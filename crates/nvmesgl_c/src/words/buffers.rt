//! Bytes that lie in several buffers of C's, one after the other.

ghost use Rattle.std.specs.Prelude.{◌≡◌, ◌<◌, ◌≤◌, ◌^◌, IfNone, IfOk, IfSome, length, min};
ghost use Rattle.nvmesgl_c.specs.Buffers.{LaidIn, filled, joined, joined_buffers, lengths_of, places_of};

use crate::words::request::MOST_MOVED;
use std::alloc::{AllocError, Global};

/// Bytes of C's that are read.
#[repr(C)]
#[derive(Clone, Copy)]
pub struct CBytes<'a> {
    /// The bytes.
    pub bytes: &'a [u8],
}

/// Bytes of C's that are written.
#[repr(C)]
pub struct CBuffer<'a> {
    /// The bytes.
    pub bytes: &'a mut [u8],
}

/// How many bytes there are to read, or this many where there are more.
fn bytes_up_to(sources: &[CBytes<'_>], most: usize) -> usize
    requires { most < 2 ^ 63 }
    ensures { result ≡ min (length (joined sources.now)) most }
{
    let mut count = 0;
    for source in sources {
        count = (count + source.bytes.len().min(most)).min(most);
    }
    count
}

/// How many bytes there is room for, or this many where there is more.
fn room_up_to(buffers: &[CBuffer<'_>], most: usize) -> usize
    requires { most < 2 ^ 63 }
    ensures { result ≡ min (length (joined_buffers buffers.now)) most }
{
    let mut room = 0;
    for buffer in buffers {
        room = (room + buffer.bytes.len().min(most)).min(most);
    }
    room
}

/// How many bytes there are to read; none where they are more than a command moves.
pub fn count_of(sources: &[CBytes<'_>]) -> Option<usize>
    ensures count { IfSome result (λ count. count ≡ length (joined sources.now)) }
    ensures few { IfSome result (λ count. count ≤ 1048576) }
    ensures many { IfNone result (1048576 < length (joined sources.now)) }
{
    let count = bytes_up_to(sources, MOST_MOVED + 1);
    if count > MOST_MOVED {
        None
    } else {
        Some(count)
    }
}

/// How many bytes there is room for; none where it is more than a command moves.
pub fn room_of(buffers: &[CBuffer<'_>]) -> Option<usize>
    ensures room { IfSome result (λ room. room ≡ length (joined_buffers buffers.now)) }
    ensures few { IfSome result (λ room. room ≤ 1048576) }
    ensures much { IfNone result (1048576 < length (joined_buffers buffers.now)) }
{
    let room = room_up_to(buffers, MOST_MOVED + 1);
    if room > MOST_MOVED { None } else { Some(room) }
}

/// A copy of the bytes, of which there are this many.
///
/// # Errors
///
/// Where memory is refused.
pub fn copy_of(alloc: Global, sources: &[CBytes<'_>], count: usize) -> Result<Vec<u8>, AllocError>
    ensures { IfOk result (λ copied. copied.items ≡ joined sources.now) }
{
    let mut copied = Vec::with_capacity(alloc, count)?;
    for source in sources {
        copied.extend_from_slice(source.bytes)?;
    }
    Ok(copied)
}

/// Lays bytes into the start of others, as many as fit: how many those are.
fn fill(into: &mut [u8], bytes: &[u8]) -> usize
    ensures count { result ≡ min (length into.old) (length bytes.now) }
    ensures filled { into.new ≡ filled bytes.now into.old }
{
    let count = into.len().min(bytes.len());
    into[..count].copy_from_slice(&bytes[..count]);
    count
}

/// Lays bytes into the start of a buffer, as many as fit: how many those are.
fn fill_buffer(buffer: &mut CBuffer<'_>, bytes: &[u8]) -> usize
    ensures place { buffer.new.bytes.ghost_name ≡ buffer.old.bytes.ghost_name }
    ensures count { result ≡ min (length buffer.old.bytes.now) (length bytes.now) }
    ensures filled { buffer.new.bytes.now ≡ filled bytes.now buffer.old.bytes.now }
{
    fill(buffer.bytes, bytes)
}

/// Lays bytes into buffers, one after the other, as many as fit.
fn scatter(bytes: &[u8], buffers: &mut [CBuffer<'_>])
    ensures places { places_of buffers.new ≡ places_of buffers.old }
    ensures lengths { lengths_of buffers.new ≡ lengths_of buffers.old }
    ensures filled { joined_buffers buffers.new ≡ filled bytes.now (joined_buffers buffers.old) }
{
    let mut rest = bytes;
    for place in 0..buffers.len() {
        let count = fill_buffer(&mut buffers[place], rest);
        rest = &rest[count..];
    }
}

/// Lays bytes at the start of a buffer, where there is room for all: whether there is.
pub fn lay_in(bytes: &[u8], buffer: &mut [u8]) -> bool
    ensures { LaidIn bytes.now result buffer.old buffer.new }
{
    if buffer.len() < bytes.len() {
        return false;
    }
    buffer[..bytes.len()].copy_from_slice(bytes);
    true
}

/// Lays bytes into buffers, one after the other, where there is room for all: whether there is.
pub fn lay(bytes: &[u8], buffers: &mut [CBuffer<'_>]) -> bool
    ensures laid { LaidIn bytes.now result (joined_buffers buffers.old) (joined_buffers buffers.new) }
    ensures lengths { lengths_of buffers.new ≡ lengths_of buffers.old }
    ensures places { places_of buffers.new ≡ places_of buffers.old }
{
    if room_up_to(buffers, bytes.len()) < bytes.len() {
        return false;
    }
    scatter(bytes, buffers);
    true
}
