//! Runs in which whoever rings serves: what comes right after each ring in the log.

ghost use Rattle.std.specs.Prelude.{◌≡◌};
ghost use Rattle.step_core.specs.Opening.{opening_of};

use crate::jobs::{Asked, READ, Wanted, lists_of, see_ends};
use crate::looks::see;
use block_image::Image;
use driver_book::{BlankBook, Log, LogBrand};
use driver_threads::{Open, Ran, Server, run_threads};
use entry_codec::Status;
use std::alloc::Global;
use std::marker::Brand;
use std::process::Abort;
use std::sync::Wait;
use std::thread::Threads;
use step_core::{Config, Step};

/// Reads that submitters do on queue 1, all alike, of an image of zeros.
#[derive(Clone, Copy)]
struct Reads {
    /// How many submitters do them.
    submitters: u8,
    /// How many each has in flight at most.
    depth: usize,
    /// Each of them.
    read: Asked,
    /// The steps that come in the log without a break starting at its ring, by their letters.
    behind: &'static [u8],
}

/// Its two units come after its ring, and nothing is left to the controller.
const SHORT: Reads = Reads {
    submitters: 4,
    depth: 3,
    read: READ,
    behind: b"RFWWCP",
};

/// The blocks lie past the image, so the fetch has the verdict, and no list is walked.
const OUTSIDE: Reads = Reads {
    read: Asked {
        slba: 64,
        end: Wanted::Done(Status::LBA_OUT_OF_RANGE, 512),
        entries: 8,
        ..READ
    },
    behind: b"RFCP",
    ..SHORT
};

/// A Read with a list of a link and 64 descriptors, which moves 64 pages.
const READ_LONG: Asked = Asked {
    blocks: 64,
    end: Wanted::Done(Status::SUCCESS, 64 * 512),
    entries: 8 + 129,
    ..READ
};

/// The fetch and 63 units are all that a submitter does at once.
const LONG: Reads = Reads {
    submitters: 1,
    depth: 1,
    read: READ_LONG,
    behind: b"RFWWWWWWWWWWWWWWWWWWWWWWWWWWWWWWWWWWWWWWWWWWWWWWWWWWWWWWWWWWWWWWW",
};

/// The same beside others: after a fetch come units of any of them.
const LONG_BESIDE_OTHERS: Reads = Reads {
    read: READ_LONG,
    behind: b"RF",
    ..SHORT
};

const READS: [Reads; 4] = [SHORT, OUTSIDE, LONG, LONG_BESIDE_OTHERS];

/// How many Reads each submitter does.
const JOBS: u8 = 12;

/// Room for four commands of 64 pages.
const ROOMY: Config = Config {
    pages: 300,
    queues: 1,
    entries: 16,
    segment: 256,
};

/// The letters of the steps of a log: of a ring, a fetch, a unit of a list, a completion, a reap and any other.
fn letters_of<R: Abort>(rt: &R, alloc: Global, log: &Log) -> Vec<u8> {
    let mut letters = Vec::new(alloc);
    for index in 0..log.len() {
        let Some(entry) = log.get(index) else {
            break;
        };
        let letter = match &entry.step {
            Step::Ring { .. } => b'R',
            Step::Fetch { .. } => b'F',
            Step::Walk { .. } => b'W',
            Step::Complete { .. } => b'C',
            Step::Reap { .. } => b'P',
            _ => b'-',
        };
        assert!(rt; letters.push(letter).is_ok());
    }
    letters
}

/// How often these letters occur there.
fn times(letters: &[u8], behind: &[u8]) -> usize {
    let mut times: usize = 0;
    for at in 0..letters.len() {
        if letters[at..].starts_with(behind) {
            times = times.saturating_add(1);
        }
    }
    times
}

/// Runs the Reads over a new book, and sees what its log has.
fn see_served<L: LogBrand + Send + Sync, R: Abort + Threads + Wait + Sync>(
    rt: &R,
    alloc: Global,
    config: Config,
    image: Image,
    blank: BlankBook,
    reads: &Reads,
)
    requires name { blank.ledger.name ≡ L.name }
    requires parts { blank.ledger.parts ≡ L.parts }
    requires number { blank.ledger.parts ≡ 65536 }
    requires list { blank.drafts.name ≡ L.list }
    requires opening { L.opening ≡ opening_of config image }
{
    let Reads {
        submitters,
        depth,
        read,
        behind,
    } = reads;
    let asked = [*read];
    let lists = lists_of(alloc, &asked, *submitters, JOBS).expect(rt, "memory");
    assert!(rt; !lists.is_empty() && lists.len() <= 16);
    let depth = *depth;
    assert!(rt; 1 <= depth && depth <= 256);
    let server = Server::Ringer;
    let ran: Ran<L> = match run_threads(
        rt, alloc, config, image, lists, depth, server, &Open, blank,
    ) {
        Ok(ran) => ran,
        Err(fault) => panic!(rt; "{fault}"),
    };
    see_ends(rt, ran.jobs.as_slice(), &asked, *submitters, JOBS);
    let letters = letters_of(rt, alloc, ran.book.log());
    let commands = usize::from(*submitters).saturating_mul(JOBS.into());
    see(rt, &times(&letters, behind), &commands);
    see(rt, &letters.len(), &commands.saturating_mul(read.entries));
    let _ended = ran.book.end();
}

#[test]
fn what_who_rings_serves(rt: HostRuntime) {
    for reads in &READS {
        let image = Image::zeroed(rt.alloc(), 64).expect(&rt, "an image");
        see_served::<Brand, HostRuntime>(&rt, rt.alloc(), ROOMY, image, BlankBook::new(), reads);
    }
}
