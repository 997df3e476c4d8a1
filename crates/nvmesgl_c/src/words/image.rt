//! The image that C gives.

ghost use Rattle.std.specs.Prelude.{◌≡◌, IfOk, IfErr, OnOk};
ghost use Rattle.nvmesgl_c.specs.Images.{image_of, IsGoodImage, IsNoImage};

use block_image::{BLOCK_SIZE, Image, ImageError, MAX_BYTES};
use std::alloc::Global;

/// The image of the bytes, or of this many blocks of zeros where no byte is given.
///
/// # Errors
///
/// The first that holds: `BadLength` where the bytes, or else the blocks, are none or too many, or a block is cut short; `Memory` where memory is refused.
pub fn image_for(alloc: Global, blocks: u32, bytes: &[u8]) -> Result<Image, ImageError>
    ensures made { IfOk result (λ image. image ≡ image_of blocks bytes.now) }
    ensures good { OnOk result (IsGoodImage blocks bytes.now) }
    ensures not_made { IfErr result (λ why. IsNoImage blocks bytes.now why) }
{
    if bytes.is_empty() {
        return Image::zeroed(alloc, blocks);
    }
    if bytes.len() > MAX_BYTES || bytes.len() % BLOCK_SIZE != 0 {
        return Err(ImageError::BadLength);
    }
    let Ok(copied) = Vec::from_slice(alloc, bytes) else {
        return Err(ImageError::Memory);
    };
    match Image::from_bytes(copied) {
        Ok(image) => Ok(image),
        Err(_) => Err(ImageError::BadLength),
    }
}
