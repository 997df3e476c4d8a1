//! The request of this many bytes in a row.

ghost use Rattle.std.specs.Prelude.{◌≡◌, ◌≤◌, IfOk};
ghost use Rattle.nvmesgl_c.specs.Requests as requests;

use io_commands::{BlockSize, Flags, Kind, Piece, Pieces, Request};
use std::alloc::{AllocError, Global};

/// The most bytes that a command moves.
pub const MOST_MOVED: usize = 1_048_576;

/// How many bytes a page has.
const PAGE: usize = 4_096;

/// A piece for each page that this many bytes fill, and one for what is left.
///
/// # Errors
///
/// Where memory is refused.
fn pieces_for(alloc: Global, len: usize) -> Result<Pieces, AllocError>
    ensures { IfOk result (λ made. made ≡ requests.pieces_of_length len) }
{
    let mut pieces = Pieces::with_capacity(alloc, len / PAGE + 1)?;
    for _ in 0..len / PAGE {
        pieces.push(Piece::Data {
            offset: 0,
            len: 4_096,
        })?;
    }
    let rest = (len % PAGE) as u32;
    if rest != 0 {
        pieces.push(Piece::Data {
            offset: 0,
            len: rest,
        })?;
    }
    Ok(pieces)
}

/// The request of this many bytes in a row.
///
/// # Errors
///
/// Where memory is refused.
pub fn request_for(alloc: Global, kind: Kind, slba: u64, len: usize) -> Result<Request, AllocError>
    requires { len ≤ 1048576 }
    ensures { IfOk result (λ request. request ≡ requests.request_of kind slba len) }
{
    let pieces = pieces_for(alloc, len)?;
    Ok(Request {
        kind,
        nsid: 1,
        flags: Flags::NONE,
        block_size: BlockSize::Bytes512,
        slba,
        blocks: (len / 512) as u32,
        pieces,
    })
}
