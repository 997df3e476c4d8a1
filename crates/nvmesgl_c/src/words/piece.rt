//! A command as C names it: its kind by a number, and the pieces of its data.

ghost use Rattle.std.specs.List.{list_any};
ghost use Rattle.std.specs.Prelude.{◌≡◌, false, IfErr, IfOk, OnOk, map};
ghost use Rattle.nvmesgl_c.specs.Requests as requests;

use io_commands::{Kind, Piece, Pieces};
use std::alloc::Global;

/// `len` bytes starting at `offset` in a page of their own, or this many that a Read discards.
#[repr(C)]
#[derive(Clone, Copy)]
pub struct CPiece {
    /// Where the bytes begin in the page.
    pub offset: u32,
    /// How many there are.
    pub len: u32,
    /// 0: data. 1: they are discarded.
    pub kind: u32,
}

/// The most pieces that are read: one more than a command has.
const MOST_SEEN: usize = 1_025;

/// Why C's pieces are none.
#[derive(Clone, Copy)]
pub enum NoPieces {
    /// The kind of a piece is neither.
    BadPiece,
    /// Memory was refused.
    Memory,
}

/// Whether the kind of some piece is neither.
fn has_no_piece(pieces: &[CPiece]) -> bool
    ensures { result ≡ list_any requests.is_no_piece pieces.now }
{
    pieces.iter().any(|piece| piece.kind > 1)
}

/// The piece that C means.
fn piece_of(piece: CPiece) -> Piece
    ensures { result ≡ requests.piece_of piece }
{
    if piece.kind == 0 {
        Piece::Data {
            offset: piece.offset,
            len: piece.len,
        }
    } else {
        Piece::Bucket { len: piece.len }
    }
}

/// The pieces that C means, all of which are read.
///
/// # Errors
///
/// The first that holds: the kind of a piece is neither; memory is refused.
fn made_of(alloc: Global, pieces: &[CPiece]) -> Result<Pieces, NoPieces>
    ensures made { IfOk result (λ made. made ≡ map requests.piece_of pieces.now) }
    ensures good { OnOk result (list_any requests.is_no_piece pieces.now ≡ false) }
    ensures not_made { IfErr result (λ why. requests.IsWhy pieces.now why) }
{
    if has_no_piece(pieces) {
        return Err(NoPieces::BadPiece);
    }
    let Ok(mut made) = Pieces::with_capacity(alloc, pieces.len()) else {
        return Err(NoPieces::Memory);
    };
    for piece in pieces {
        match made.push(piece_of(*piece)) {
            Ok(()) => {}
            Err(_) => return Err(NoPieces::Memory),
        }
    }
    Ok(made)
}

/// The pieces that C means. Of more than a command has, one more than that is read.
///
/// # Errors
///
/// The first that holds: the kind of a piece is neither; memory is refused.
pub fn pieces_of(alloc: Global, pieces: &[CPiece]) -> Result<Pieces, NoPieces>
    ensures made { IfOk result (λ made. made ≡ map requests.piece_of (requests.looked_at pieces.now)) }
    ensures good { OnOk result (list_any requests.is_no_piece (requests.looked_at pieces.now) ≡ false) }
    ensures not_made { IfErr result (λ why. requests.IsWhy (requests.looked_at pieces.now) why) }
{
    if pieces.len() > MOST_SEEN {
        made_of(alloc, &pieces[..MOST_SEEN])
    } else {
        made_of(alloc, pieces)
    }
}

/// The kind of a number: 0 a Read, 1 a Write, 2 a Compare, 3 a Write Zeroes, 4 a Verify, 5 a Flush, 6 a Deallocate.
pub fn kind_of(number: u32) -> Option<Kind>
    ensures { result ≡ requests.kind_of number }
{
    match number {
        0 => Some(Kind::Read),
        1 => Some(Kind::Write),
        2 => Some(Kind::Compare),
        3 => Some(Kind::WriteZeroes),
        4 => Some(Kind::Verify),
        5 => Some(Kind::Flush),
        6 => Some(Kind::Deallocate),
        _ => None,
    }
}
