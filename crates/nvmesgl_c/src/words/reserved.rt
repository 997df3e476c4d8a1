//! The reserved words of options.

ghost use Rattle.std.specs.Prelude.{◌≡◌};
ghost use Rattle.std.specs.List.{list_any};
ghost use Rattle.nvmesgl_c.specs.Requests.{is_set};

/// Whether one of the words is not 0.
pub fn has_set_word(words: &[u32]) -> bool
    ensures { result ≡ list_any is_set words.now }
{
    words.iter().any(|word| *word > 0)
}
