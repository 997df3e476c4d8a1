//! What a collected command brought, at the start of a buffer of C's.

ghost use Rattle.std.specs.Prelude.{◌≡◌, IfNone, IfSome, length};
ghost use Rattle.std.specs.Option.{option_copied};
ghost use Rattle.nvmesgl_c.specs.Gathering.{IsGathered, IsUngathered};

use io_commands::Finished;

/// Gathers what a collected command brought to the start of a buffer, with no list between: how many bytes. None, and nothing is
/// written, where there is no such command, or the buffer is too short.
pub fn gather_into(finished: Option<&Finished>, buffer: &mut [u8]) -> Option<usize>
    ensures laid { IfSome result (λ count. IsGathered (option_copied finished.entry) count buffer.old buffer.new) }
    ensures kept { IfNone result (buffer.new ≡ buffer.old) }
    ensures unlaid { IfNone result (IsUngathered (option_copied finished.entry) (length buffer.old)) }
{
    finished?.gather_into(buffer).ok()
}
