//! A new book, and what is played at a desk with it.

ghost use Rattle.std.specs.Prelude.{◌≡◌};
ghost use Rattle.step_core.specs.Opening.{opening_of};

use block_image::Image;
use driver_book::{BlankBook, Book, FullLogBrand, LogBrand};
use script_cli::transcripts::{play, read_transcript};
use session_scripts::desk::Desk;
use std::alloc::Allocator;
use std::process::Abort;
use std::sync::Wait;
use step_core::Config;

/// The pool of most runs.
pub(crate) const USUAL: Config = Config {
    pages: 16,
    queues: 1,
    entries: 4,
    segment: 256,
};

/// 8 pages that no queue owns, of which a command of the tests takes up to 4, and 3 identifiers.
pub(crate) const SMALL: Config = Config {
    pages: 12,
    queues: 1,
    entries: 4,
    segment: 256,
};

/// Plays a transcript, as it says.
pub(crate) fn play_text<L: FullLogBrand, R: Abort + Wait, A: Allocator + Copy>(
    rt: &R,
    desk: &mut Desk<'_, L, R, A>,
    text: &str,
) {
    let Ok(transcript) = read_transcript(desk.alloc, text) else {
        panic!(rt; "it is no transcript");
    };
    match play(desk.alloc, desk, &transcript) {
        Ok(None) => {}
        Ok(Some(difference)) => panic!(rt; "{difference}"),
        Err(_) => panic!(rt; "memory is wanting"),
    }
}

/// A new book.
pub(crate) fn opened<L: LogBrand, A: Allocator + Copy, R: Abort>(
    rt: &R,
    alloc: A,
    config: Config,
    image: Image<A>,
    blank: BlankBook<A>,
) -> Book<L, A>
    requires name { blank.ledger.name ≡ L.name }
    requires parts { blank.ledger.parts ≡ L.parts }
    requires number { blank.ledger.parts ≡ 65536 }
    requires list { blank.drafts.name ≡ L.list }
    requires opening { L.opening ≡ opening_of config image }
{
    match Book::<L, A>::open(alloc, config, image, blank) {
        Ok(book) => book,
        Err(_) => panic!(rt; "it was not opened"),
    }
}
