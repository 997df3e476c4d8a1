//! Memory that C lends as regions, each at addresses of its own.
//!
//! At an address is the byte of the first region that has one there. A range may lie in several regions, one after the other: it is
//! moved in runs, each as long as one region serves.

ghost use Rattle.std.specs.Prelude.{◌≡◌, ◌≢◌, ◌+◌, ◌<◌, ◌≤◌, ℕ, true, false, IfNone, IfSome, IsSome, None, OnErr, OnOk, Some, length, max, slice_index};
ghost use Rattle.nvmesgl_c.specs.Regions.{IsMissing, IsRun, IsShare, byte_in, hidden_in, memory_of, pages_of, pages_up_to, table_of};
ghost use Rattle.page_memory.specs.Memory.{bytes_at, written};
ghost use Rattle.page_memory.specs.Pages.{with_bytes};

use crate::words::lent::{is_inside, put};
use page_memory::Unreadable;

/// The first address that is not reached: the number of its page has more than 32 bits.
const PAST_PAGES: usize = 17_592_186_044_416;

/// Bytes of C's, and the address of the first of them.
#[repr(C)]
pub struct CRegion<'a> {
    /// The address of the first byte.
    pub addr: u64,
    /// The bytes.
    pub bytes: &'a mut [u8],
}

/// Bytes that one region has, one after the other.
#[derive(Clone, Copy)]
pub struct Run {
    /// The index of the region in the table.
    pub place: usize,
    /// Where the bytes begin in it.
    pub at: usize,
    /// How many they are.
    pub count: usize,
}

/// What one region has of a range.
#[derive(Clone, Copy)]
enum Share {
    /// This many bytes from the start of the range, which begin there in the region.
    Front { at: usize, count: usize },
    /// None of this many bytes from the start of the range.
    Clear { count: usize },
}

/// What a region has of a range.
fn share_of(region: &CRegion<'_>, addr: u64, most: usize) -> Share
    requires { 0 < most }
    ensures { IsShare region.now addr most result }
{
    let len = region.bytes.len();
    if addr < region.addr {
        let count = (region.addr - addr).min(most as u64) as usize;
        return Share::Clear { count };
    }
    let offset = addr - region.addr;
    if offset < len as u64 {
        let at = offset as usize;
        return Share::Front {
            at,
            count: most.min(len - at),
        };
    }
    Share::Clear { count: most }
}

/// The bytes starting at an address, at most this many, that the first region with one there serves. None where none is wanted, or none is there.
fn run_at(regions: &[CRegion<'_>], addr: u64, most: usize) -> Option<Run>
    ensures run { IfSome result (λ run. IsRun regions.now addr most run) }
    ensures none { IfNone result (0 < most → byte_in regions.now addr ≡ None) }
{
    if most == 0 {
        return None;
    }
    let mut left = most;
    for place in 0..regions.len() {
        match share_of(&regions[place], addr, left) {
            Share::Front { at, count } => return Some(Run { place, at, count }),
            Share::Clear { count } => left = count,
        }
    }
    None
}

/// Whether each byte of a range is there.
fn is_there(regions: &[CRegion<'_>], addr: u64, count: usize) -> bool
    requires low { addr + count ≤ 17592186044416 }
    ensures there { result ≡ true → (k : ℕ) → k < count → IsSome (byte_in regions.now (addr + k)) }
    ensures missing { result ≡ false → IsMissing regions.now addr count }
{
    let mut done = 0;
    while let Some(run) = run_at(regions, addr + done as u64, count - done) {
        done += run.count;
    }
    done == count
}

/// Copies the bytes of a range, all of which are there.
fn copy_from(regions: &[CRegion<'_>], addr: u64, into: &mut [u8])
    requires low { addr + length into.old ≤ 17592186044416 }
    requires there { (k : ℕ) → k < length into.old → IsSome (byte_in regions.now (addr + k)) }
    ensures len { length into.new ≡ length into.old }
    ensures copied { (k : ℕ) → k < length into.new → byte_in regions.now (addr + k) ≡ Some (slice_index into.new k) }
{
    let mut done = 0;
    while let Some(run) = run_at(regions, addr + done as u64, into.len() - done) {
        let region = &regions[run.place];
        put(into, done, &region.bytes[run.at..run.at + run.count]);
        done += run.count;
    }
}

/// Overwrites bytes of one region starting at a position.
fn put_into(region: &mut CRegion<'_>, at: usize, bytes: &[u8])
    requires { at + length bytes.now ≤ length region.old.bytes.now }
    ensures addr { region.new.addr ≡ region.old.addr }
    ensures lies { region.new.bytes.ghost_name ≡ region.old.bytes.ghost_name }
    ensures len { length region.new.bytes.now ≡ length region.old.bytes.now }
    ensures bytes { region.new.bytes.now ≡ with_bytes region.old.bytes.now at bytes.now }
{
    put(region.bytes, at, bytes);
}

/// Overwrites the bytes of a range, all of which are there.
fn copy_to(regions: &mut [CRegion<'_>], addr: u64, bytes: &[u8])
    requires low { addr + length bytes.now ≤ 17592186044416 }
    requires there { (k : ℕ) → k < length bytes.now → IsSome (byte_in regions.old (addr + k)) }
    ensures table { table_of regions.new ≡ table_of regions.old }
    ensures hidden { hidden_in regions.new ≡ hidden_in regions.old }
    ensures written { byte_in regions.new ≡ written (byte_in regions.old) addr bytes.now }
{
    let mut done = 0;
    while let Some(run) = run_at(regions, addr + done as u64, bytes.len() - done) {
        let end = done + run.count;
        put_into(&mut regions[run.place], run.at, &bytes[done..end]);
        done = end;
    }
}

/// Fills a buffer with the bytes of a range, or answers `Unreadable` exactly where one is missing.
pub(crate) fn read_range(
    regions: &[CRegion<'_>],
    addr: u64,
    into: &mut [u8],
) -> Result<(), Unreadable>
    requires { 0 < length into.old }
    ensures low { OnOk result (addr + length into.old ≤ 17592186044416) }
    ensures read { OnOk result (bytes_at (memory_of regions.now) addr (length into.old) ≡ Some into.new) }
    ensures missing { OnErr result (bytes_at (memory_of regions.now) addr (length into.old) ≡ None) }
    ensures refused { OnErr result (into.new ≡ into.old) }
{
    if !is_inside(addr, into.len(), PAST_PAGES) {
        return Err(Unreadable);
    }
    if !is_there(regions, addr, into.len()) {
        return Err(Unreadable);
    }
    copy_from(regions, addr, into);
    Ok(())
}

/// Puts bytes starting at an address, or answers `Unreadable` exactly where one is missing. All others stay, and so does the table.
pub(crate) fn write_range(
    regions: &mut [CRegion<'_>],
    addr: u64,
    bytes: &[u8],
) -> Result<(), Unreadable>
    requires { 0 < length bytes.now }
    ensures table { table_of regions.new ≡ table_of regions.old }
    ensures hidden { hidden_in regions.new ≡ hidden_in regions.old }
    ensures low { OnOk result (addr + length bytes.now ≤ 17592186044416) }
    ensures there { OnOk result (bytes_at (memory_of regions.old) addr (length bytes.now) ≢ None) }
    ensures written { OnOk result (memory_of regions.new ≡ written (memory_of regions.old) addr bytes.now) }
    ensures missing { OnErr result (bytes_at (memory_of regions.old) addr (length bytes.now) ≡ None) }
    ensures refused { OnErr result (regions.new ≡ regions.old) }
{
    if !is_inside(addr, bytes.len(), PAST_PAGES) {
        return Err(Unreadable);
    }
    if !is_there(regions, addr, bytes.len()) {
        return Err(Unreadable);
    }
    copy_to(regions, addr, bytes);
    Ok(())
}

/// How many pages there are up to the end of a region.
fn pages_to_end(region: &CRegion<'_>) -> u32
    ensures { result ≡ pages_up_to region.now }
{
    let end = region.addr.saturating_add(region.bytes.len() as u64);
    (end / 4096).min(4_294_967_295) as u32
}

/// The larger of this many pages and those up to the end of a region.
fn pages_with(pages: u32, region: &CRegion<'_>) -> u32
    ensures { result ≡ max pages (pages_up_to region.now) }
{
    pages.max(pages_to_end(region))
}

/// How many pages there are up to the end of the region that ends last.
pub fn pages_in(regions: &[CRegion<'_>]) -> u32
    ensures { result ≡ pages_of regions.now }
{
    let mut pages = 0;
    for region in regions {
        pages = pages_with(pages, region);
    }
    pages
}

= = = = = = =

Of all the entries above, repeat only the lines from the line that has "let mut times: usize = 0;" to the line that has "assert!(rt; 1 <= depth && depth <= 256);", both lines included, exactly.

    let mut times: usize = 0;
    for at in 0..letters.len() {
        if letters[at..].starts_with(behind) {
            times = times.saturating_add(1);
        }
    }
    times
}

/// Runs the Reads over a new book, and sees what its log has.
fn see_served<L: LogBrand + Send + Sync, R: Abort + Threads + Wait + Sync>(
    rt: &R,
    alloc: Global,
    config: Config,
    image: Image,
    blank: BlankBook,
    reads: &Reads,
)
    requires name { blank.ledger.name ≡ L.name }
    requires parts { blank.ledger.parts ≡ L.parts }
    requires number { blank.ledger.parts ≡ 65536 }
    requires list { blank.drafts.name ≡ L.list }
    requires opening { L.opening ≡ opening_of config image }
{
    let Reads {
        submitters,
        depth,
        read,
        behind,
    } = reads;
    let asked = [*read];
    let lists = lists_of(alloc, &asked, *submitters, JOBS).expect(rt, "memory");
    assert!(rt; !lists.is_empty() && lists.len() <= 16);
    let depth = *depth;
    assert!(rt; 1 <= depth && depth <= 256);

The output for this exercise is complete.